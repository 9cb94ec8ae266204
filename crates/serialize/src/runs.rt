// Runs of any elements at a place of a slice.
ghost use Rattle.std.specs.Prelude.{◌≡◌, ◌+◌, ◌≤◌, length, replicate};
ghost use Rattle.serialize.specs.Runs.{part, splice};

// n elements of src from index from, into dst from index at. By places: the library's `copy_from_slice` is a call of `memmove`, which
// `libcalls.a` did not need from outside, and moves a short run of known length byte by byte.
pub fn copy<T: Copy>(dst: &mut [T], at: usize, src: &[T], from: usize, n: usize)
    requires { (at + n ≤ length dst.old) × (from + n ≤ length src.now) }
    ensures { dst.new ≡ splice dst.old at (part src.now from n) }
{
    for i in 0..n {
        dst[at + i] = src[from + i];
    }
}

// n times the value, into dst from index at.
pub fn fill<T: Copy>(dst: &mut [T], at: usize, n: usize, value: T)
    requires { at + n ≤ length dst.old }
    ensures { dst.new ≡ splice dst.old at (replicate n value) }
{
    for x in &mut dst[at..at + n] {
        *x = value;
    }
}
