// Bytes packed eight to a word: tables hold keys and user data so. Each turn needs its place in both slices.
ghost use Rattle.std.specs.Prelude.{◌≡◌, ◌+◌, ◌*◌, ◌≤◌, length, drop};
ghost use Rattle.serialize.specs.Runs.{part, splice};
ghost use Rattle.serialize.specs.Le.{words, bytes_of};

use crate::number;

// 8 n bytes of src from index from, as n words of dst from index at.
pub fn pack_words(dst: &mut [u64], at: usize, src: &[u8], from: usize, n: usize)
    requires { (at + n ≤ length dst.old) × (from + n * 8 ≤ length src.now) }
    ensures { dst.new ≡ splice dst.old at (words n (drop from src.now)) }
{
    for i in 0..n {
        dst[at + i] = number::read_u64(src, from + i * 8);
    }
}

// n words of src from index from, as 8 n bytes of dst from index at.
pub fn unpack_words(dst: &mut [u8], at: usize, src: &[u64], from: usize, n: usize)
    requires { (at + n * 8 ≤ length dst.old) × (from + n ≤ length src.now) }
    ensures { dst.new ≡ splice dst.old at (bytes_of (part src.now from n)) }
{
    for i in 0..n {
        number::write_u64(dst, at + i * 8, src[from + i]);
    }
}
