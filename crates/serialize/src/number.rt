// Little-endian numbers at a place of a byte slice. The six names are the Rust's (serialize.rs), each one line of the library's. What is read
// from is cut to the number's length, so that no length is tested.
ghost use Rattle.std.specs.Prelude.{◌≡◌, ◌+◌, ◌≤◌, length};
ghost use Rattle.serialize.specs.Runs.{part, splice};
ghost use Rattle.serialize.specs.Le.{of_le, to_le};

pub fn read_u16(src: &[u8], at: usize) -> u16
    requires { at + 2 ≤ length src.now }
    ensures { result ≡ of_le (part src.now at 2) }
{
    u16::from_le_bytes(*src[at..at + 2].first_chunk::<2>().unwrap())
}

pub fn read_u32(src: &[u8], at: usize) -> u32
    requires { at + 4 ≤ length src.now }
    ensures { result ≡ of_le (part src.now at 4) }
{
    u32::from_le_bytes(*src[at..at + 4].first_chunk::<4>().unwrap())
}

pub fn read_u64(src: &[u8], at: usize) -> u64
    requires { at + 8 ≤ length src.now }
    ensures { result ≡ of_le (part src.now at 8) }
{
    u64::from_le_bytes(*src[at..at + 8].first_chunk::<8>().unwrap())
}

pub fn write_u16(dst: &mut [u8], at: usize, v: u16)
    requires { at + 2 ≤ length dst.old }
    ensures { dst.new ≡ splice dst.old at (to_le 2 v) }
{
    dst[at..at + 2].copy_from_slice(&v.to_le_bytes());
}

pub fn write_u32(dst: &mut [u8], at: usize, v: u32)
    requires { at + 4 ≤ length dst.old }
    ensures { dst.new ≡ splice dst.old at (to_le 4 v) }
{
    dst[at..at + 4].copy_from_slice(&v.to_le_bytes());
}

pub fn write_u64(dst: &mut [u8], at: usize, v: u64)
    requires { at + 8 ≤ length dst.old }
    ensures { dst.new ≡ splice dst.old at (to_le 8 v) }
{
    dst[at..at + 8].copy_from_slice(&v.to_le_bytes());
}
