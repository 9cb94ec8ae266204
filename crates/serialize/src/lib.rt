// Little-endian numbers and runs of bytes and words at a place of a lent slice. Every function asks only that its runs lie
// inside their slices, and says of each slice exactly what it holds at the end.
#![tactic(auto)]

mod bytes;
mod number;
mod runs;
mod words;

pub use bytes::same_bytes;
pub use number::{read_u16, read_u32, read_u64, write_u16, write_u32, write_u64};
pub use runs::{copy, fill};
pub use words::{pack_words, unpack_words};
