//! Whether the test of a law is true for values of its variables. No constant has a value in it.
ghost use Rattle.std.specs.Prelude.{◌≡◌, ◌+◌, IfOk, Ok, OnOk, not, option_map, Some};
ghost use Rattle.cc_defs.specs.Satisfaction.{Thing, bind, satisfied};
ghost use Rattle.cc_defs.specs.Resolved.{plain_formula, plain_term};
ghost use Rattle.cc_defs.specs.Universe.{objects_of as objects_in};
ghost use Rattle.cc_ground.specs.Bindings.{environment_of};
ghost use Rattle.cc_ground.specs.Outermost.{bracket_truth, joined_truth, stand_values};
ghost use Rattle.cc_ground.specs.Pieces.{formula_of, stands};
ghost use Rattle.cc_ground.specs.Views.{bare_universe, plain_value};

use crate::bindings::Bindings;
use crate::judged::compares;
use crate::outermost::{Joint, is_for_all, joint_in, sign_in};
use crate::pieces::Sign;
use crate::sums::{Value, given_value, sum_of};
use crate::values::objects_of;
use cc_defs::{Formula, OutOfMemory, Term};
use cc_sorts::Table;

/// How two things stand to one another, which are no numbers.
fn things_stand(sign: Sign, one: u32, other: u32) -> bool
    ensures { result ≡ stand_values sign (Some (Thing one)) (Some (Thing other)) }
{
    match sign {
        Sign::Equal => one == other,
        Sign::Less | Sign::AtMost => false,
    }
}

/// How the sum of two numbers stands to that of two others.
fn sums_stand(
    sign: Sign,
    one: u64,
    more: u64,
    other: u64,
    another: u64,
) -> Result<bool, OutOfMemory>
    ensures { IfOk result (λ so. so ≡ stands sign (one + more) (other + another)) }
{
    Ok(compares(sign, sum_of(one, more)?, sum_of(other, another)?))
}

/// Whether there are both values, and they stand so to one another.
fn stand(sign: Sign, one: Option<Value>, other: Option<Value>) -> Result<bool, OutOfMemory>
    ensures { IfOk result (λ so. so
        ≡ stand_values sign (option_map plain_value one) (option_map plain_value other)) }
{
    match (one, other) {
        (Some(Value::Thing(one)), Some(Value::Thing(other))) => Ok(things_stand(sign, one, other)),
        (Some(Value::Whole(plus, minus)), Some(Value::Whole(other, another))) => {
            sums_stand(sign, plus, another, other, minus)
        }
        _ => Ok(false),
    }
}

/// Whether both terms have a value, and these stand so to one another.
fn are_so(
    table: &Table,
    env: &Bindings,
    sign: Sign,
    left: &Term,
    right: &Term,
) -> Result<bool, OutOfMemory>
    ensures { IfOk result (λ passed. passed
        ≡ satisfied (bare_universe table.now) (λ number. 0) (environment_of env.now)
        (formula_of sign (plain_term left.now) (plain_term right.now))) }
{
    let left = given_value(table, env, left)?;
    let right = given_value(table, env, right)?;
    stand(sign, left, right)
}

/// Whether a formula is true for each object of a sort, or, where that is asked, for one.
#[cycle(passing)]
fn bracket_passes(
    table: &Table,
    env: &mut Bindings,
    all: bool,
    variable: u32,
    sort: u32,
    formula: &Formula,
) -> Result<bool, OutOfMemory>
    ensures passed { IfOk result (λ passed. passed ≡ bracket_truth all (λ object. satisfied
        (bare_universe table.now) (λ number. 0) (bind variable object (environment_of env.old))
        (plain_formula formula.now)) (objects_in (bare_universe table.now) sort)) }
    ensures env { OnOk result (env.new ≡ env.old) }
{
    for object in objects_of(table, sort) {
        env.bind(variable, *object)?;
        let passed = passes(table, env, formula)?;
        env.unbind();
        if passed != all {
            return Ok(passed);
        }
    }
    Ok(all)
}

/// Whether a formula of two parts is true whose first part has this truth. Where that decides, the second one is not looked at.
#[cycle(passing)]
fn second_passes(
    table: &Table,
    env: &mut Bindings,
    joint: Joint,
    first: bool,
    second: &Formula,
) -> Result<bool, OutOfMemory>
    ensures passed { IfOk result (λ passed. passed ≡ joined_truth joint first (satisfied
        (bare_universe table.now) (λ number. 0) (environment_of env.old) (plain_formula second.now))) }
    ensures env { OnOk result (env.new ≡ env.old) }
{
    match (joint, first) {
        (Joint::Both, false) => Ok(false),
        (Joint::Either, true) | (Joint::Implies, false) => Ok(true),
        (Joint::Same, false) => Ok(!passes(table, env, second)?),
        (Joint::Both | Joint::Implies | Joint::Same, true) | (Joint::Either, false) => {
            passes(table, env, second)
        }
    }
}

/// Whether a formula without constants is true under an environment, which is as before afterwards.
#[cycle(passing)]
pub(crate) fn passes(
    table: &Table,
    env: &mut Bindings,
    formula: &Formula,
) -> Result<bool, OutOfMemory>
    ensures passed { IfOk result (λ passed. passed ≡ satisfied (bare_universe table.now)
        (λ number. 0) (environment_of env.old) (plain_formula formula.now)) }
    ensures env { OnOk result (env.new ≡ env.old) }
{
    match formula {
        Formula::True => Ok(true),
        Formula::False => Ok(false),
        Formula::Equal(left, right) | Formula::Less(left, right) | Formula::AtMost(left, right) =>
            are_so(table, env, sign_in(formula), left, right),
        Formula::Not(inner) => Ok(!passes(table, env, inner)?),
        Formula::Both(left, right)
        | Formula::Either(left, right)
        | Formula::Implies(left, right)
        | Formula::Same(left, right) => {
            let first = passes(table, env, left)?;
            second_passes(table, env, joint_in(formula), first, right)
        }
        Formula::ForAll(variable, sort, inner) | Formula::Exists(variable, sort, inner) => {
            bracket_passes(table, env, is_for_all(formula), *variable, *sort, inner)
        }
    }
}
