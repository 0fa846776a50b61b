//! What formulas and terms are at their outermost, for walks that treat several forms alike.
ghost use Rattle.std.specs.Prelude.{◌≡◌};
ghost use Rattle.cc_defs.specs.Resolved.{plain_formula, plain_term};
ghost use Rattle.cc_ground.specs.Outermost.{is_for_all as is_over_all, is_minus as is_difference, joint_of, joining_node as node_over, sign_of};

use crate::pieces::Sign;
use cc_defs::{Formula, Node, Term};

/// How two parts are joined.
#[derive(Clone, Copy)]
pub(crate) enum Joint {
    Both,
    Either,
    Implies,
    Same,
}

/// What stands between the sides of an equation or comparison; of another formula nothing is said.
pub(crate) fn sign_in(formula: &Formula) -> Sign
    ensures { result ≡ sign_of (plain_formula formula.now) }
{
    match formula {
        Formula::Equal(..) => Sign::Equal,
        Formula::Less(..) => Sign::Less,
        _ => Sign::AtMost,
    }
}

/// How the parts of a formula are joined; of one that is not joined nothing is said.
pub(crate) fn joint_in(formula: &Formula) -> Joint
    ensures { result ≡ joint_of (plain_formula formula.now) }
{
    match formula {
        Formula::Both(..) => Joint::Both,
        Formula::Either(..) => Joint::Either,
        Formula::Implies(..) => Joint::Implies,
        _ => Joint::Same,
    }
}

/// Whether a bracket is over all objects; another one is over some.
pub(crate) fn is_for_all(formula: &Formula) -> bool
    ensures { result ≡ is_over_all (plain_formula formula.now) }
{
    matches!(formula, Formula::ForAll(..))
}

/// Whether a sum is a difference.
pub(crate) fn is_minus(term: &Term) -> bool
    ensures { result ≡ is_difference (plain_term term.now) }
{
    matches!(term, Term::Minus(..))
}

/// The node of a formula that joins so many operands, none of which is denied.
pub(crate) fn joining_node(formula: &Formula, count: u32) -> Node
    ensures { result ≡ node_over (plain_formula formula.now) count }
{
    match formula {
        Formula::Both(..) | Formula::ForAll(..) => Node::All(count),
        Formula::Either(..) | Formula::Exists(..) => Node::Any(count),
        _ => Node::Same,
    }
}
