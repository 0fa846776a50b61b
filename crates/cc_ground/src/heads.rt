//! The heads of laws under an environment.
ghost use Rattle.std.specs.Prelude.{◌≡◌, IfOk};
ghost use Rattle.cc_defs.specs.GroundLaws as words;
ghost use Rattle.cc_defs.specs.Resolved.{plain_head};
ghost use Rattle.cc_ground.specs.Bindings.{environment_of};
ghost use Rattle.cc_ground.specs.Views.{plain_side, universe_of};

use crate::bindings::Bindings;
use crate::maker::narrow;
use crate::sides::{Side, constant_side, term_side};
use crate::values::index_in;
use cc_defs::{GroundHead, Head, OutOfMemory, Sig};
use cc_sorts::Table;
use std::alloc::Global;

/// The head that a constant has a value.
fn head_of_sides(left: Side<'_>, right: Side<'_>) -> Result<Option<GroundHead>, OutOfMemory>
    ensures { IfOk result (λ head.
        head ≡ words.head_of_sides (plain_side left.entry) (plain_side right.entry)) }
{
    let (Side::Constant { number, values }, Side::Value(value)) = (left, right) else {
        return Ok(None);
    };
    let Some(index) = index_in(values, value) else {
        return Ok(None);
    };
    Ok(Some(GroundHead::Atom {
        constant: number,
        value: narrow(index)?,
    }))
}

/// The head of a law under an environment, if there is one.
pub(crate) fn head_under(
    alloc: Global,
    table: &Table,
    sig: &Sig,
    env: &Bindings,
    head: &Head,
) -> Result<Option<GroundHead>, OutOfMemory>
    ensures { IfOk result (λ found. found ≡ words.ground_head
        (universe_of table.now sig.now) (environment_of env.now) (plain_head head.now)) }
{
    let Head::Atom {
        symbol,
        args,
        value,
    } = head
    else {
        return Ok(Some(GroundHead::Falsity));
    };
    let left = constant_side(alloc, table, sig, env, *symbol, args.items())?;
    let right = term_side(alloc, table, sig, env, value)?;
    head_of_sides(left, right)
}
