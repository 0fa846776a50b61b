//! The ground query of a query.
ghost use Rattle.std.specs.Prelude.{◌≡◌, ◌≤◌, ◌+◌, [], ℕ, List as Items, None, Some, length, map, IfOk, IfErr, IsSome, OnOk};
ghost use Rattle.std.specs.Option.{option_map};
ghost use Rattle.cc_defs.specs.Declarations.{Declaration};
ghost use Rattle.cc_defs.specs.Resolved.{plain_condition, plain_query};
ghost use Rattle.cc_sorts.specs.Tables.{IsTable, IsSignatureOf};
ghost use Rattle.cc_defs.specs.Conditions.{IsGroundQuery};
ghost use Rattle.cc_defs.specs.Refusals.{IsRefusedBy};
ghost use Rattle.cc_ground.specs.Bindings.{no_bindings};
ghost use Rattle.cc_ground.specs.Counting.{node_refusal, nodes_in_query, nodes_of_claim, nodes_of_conditions, query_refusal};
ghost use Rattle.cc_defs.specs.GroundLaws as words;
ghost use Rattle.cc_arena.specs.Meanings.{MeansQuery};
ghost use Rattle.cc_defs.specs.Universe.{universe};
ghost use Rattle.cc_arena.specs.GroundViews.{plain_ground_condition, plain_ground_query};
ghost use Rattle.cc_ground.specs.Views.{IsLike, LacksRoom, fault_by, universe_in, universe_of};
ghost use Rattle.cc_sorts.specs.Tables.{IsSignatureFor};

use crate::choosing::choices_of_asked;
use crate::maker::{Halt, Maker, fault_of};
use crate::theorems::declared_have_own_values;
use cc_arena::theorems::{ground_queries_fit, ground_queries_mean_queries};
use cc_arena::{GroundCondition, GroundQuery, Terms};
use cc_defs::{Condition, Fault, LimitAt, List, Query, Refusal, Sig};
use cc_sorts::Table;
use std::alloc::Global;

impl<'t> Maker<'t> {
    /// A condition; the environment is empty.
    fn condition<'a>(
        &mut self,
        alloc: Global,
        terms: Terms<'a>,
        condition: &Condition,
    ) -> Result<GroundCondition<'a>, Halt>
        requires { self.now.env ≡ no_bindings }
        ensures made { IfOk result (λ made. plain_ground_condition made
            ≡ words.ground_condition (universe_in self.old) (plain_condition condition.now)) }
        ensures room { OnOk result (self.new.room + length (words.ground_condition
            (universe_in self.old) (plain_condition condition.now)).nodes ≡ self.old.room) }
        ensures like { OnOk result (IsLike self.old self.new) }
        ensures full { IfErr result (LacksRoom (length (words.ground_condition
            (universe_in self.old) (plain_condition condition.now)).nodes) self.old.room) }
    {
        Ok(GroundCondition {
            at: condition.at,
            nodes: self.term(alloc, terms, &condition.formula)?,
        })
    }

    /// Conditions in order.
    fn conditions<'a>(
        &mut self,
        alloc: Global,
        terms: Terms<'a>,
        conditions: &[Condition],
    ) -> Result<Vec<GroundCondition<'a>>, Halt>
        requires { self.now.env ≡ no_bindings }
        ensures made { IfOk result (λ made. map plain_ground_condition made.items ≡ map
            (words.ground_condition (universe_in self.old)) (map plain_condition conditions.now)) }
        ensures room { OnOk result (self.new.room + nodes_of_conditions (map (words.ground_condition
            (universe_in self.old)) (map plain_condition conditions.now)) ≡ self.old.room) }
        ensures like { OnOk result (IsLike self.old self.new) }
        ensures full { IfErr result
            (LacksRoom (nodes_of_conditions (map (words.ground_condition (universe_in self.old))
            (map plain_condition conditions.now))) self.old.room) }
    {
        let mut made = Vec::new(alloc);
        for condition in conditions {
            made.push(self.condition(alloc, terms, condition)?)?;
        }
        Ok(made)
    }

    /// The claim, if there is one.
    fn claim<'a>(
        &mut self,
        alloc: Global,
        terms: Terms<'a>,
        claim: &Option<Condition>,
    ) -> Result<Option<GroundCondition<'a>>, Halt>
        requires { self.now.env ≡ no_bindings }
        ensures made { IfOk result (λ made. option_map plain_ground_condition made
            ≡ option_map (words.ground_condition (universe_in self.old))
            (option_map plain_condition claim.now)) }
        ensures full { IfErr result
            (LacksRoom (nodes_of_claim (option_map (words.ground_condition (universe_in self.old))
            (option_map plain_condition claim.now))) self.old.room) }
        ensures within { OnOk result
            (nodes_of_claim (option_map (words.ground_condition (universe_in self.old))
            (option_map plain_condition claim.now)) ≤ self.old.room) }
    {
        match claim {
            Some(claim) => Ok(Some(self.condition(alloc, terms, claim)?)),
            None => Ok(None),
        }
    }

    /// A query with this range.
    fn query<'a>(
        &mut self,
        alloc: Global,
        terms: Terms<'a>,
        range: (u32, u32),
        query: &Query,
    ) -> Result<GroundQuery<'a>, Halt>
        requires { self.now.env ≡ no_bindings }
        ensures made { IfOk result (λ made. plain_ground_query made
            ≡ words.ground_query (universe_in self.old) range (plain_query query.now)) }
        ensures within { OnOk result (nodes_in_query (words.ground_query
            (universe_in self.old) range (plain_query query.now)) ≤ self.old.room) }
        ensures full { IfErr result (LacksRoom (nodes_in_query (words.ground_query
            (universe_in self.old) range (plain_query query.now))) self.old.room) }
    {
        let conditions = self.conditions(alloc, terms, query.conditions.items())?;
        let claim = self.claim(alloc, terms, &query.claim)?;
        Ok(GroundQuery {
            lo: range.0,
            hi: range.1,
            conditions: List::of(conditions),
            claim,
        })
    }
}
/// The ground query of a query with this range, where there is room for its nodes.
fn query_within<'a>(
    alloc: Global,
    table: &Table,
    sig: &Sig,
    range: (u32, u32),
    query: &Query,
    terms: Terms<'a>,
) -> Result<GroundQuery<'a>, Halt>
    ensures made { IfOk result (λ made. plain_ground_query made
        ≡ words.ground_query (universe_of table.now sig.now) range (plain_query query.now)) }
    ensures unrefused { OnOk result (node_refusal (nodes_in_query (words.ground_query
        (universe_of table.now sig.now) range (plain_query query.now))) ≡ None) }
    ensures refused { IfErr result (λ halt. IsRefusedBy (node_refusal (nodes_in_query
        (words.ground_query (universe_of table.now sig.now) range (plain_query query.now))))
        (fault_by halt)) }
{
    let mut maker = Maker::new(alloc, table, sig, LimitAt::GroundNodes.number() as usize);
    maker.query(alloc, terms, range, query)
}

/// The ground query of a query that has its range of horizons. Its conditions and its claim have the terms of their formulas,
/// which are true exactly where these are satisfied.
/// Refuses more than 16,000,000 lists of values of the constants of equations with sums and of comparisons (14, choices), then more than
/// 16,000,000 nodes of these (14, ground nodes).
pub fn ground_query<'a>(
    alloc: Global,
    table: &Table,
    sig: &Sig,
    query: &Query,
    terms: &Terms<'a>,
) -> Result<GroundQuery<'a>, Fault>
    requires signature { IsSignatureFor table.now sig.now }
    requires range { IsSome query.now.range }
    ensures made { (declarations : Items Declaration) (range : ℕ × ℕ) →
        IsTable table.now declarations → IsSignatureOf declarations sig.now →
        query.now.range ≡ Some range → IfOk result (λ made. plain_ground_query made
        ≡ words.ground_query (universe declarations) range (plain_query query.now)) }
    ensures unrefused { (declarations : Items Declaration) (range : ℕ × ℕ) → IsTable
        table.now declarations → IsSignatureOf declarations sig.now → query.now.range ≡ Some range →
        OnOk result (query_refusal (universe declarations) range (plain_query query.now) ≡ None) }
    ensures refused { (declarations : Items Declaration) (range : ℕ × ℕ) → IsTable table.now
        declarations → IsSignatureOf declarations sig.now → query.now.range ≡ Some range → IfErr
        result (IsRefusedBy (query_refusal (universe declarations) range (plain_query query.now))) }
    ensures meant { (declarations : Items Declaration) (range : ℕ × ℕ) →
        IsTable table.now declarations →
        IsSignatureOf declarations sig.now → query.now.range ≡ Some range → IfOk result (λ made.
        MeansQuery (universe declarations) (plain_query query.now) (plain_ground_query made)) }
    ensures fits { (declarations : Items Declaration) (range : ℕ × ℕ) → IsTable
        table.now declarations → IsSignatureOf declarations sig.now → query.now.range ≡ Some range →
        IfOk result (λ made. IsGroundQuery (universe declarations) (plain_ground_query made)) }
{
    declared_have_own_values();
    ground_queries_mean_queries();
    ground_queries_fit();
    let range = query.range.unwrap_or((0, 0));
    if choices_of_asked(alloc, table, sig, query)? > LimitAt::Choices.number() as usize {
        return Err(Fault::Refused(Refusal::past(LimitAt::Choices)));
    }
    match query_within(alloc, table, sig, range, query, *terms) {
        Ok(made) => Ok(made),
        Err(halt) => Err(fault_of(halt)),
    }
}
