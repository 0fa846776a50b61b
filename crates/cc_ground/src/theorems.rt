//! Theorems on what is grounded, each the contract of a function with no body.
ghost use Rattle.cc_ground.specs.Laws.{DeclaredHaveOwnValues, DeclaredHaveTheirKinds, DeclaredHaveTheirValues};

/// The values of a declared constant are different.
pub fn declared_have_own_values()
    ensures { DeclaredHaveOwnValues }
{}

/// A declared constant has the kind of its symbol.
pub fn declared_have_their_kinds()
    ensures { DeclaredHaveTheirKinds }
{}

/// A declared constant has the values of its symbol, and `boolean` begins with `false` and `true`.
pub fn declared_have_their_values()
    ensures { DeclaredHaveTheirValues }
{}
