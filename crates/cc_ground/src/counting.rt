//! How many instances laws have, counted up to one more than the limit.
ghost use Rattle.std.specs.Prelude.{◌≡◌, ◌≤◌, ◌*◌, ℕ, List as Items, min, length, map};
ghost use Rattle.cc_defs.specs.Resolved.{plain_base_law};
ghost use Rattle.cc_ground.specs.Counting.{instance_count, instances_of_all};
ghost use Rattle.cc_defs.specs.Environments.{choices, range_values, pairs_of};
ghost use Rattle.cc_defs.specs.Universe.{boolean_actions};
ghost use Rattle.cc_ground.specs.Views.{universe_of};

use crate::values::values_in_range;
use cc_defs::{BaseLaw, Range, Sig};
use cc_sorts::Table;

/// What counts stop at: one more than the limit of law instances.
pub(crate) const MANY: usize = 1_000_001;

/// The product of a count and another number; counting stops at MANY.
fn times(count: usize, number: usize) -> usize
    requires { count ≤ 1000001 }
    ensures { result ≡ min (count * number) 1000001 }
{
    count.saturating_mul(number.min(MANY)).min(MANY)
}

/// How many lists of values of their ranges there are.
pub(crate) fn choice_count(table: &Table, sig: &Sig, ranges: &[Range]) -> usize
    ensures { result ≡ min
        (length (choices (map (range_values (universe_of table.now sig.now)) ranges.now))) 1000001 }
{
    let mut count = 1;
    for range in ranges {
        count = times(count, values_in_range(table, sig, *range).len());
    }
    count
}

/// How many pairs so many things make.
fn pair_count(number: usize) -> usize
    ensures { (xs : Items ℕ) → length xs ≡ number → result ≡ min (length (pairs_of xs)) 1000001 }
{
    // Two thousand have 1,999,000 pairs.
    let number = number.min(2000);
    (number * number.saturating_sub(1) / 2).min(MANY)
}

/// How many instances a base law has before its test.
fn count_of(table: &Table, sig: &Sig, actions: &[u32], law: &BaseLaw) -> usize
    requires { actions.now ≡ boolean_actions (universe_of table.now sig.now) }
    ensures { result
        ≡ min (instance_count (universe_of table.now sig.now) (plain_base_law law.now)) 1000001 }
{
    match law {
        BaseLaw::One(law) => choice_count(table, sig, law.ranges.items()),
        BaseLaw::NoConcurrency { .. } => pair_count(actions.len()),
    }
}

/// How many instances base laws have before their tests; the actions are the Boolean ones.
pub(crate) fn count_all(table: &Table, sig: &Sig, actions: &[u32], laws: &[BaseLaw]) -> usize
    requires { actions.now ≡ boolean_actions (universe_of table.now sig.now) }
    ensures { result ≡ min
        (instances_of_all (universe_of table.now sig.now) (map plain_base_law laws.now)) 1000001 }
{
    let mut count = 0;
    for law in laws {
        count = count_of(table, sig, actions, law)
            .saturating_add(count)
            .min(MANY);
    }
    count
}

•••

ASSIGNMENT —
Check each line of the listing above. Copy the ones with the word "heads".

WRITTEN REPLY —
filename crates/cc_ground/src/heads.rt
//! The heads of laws under an environment.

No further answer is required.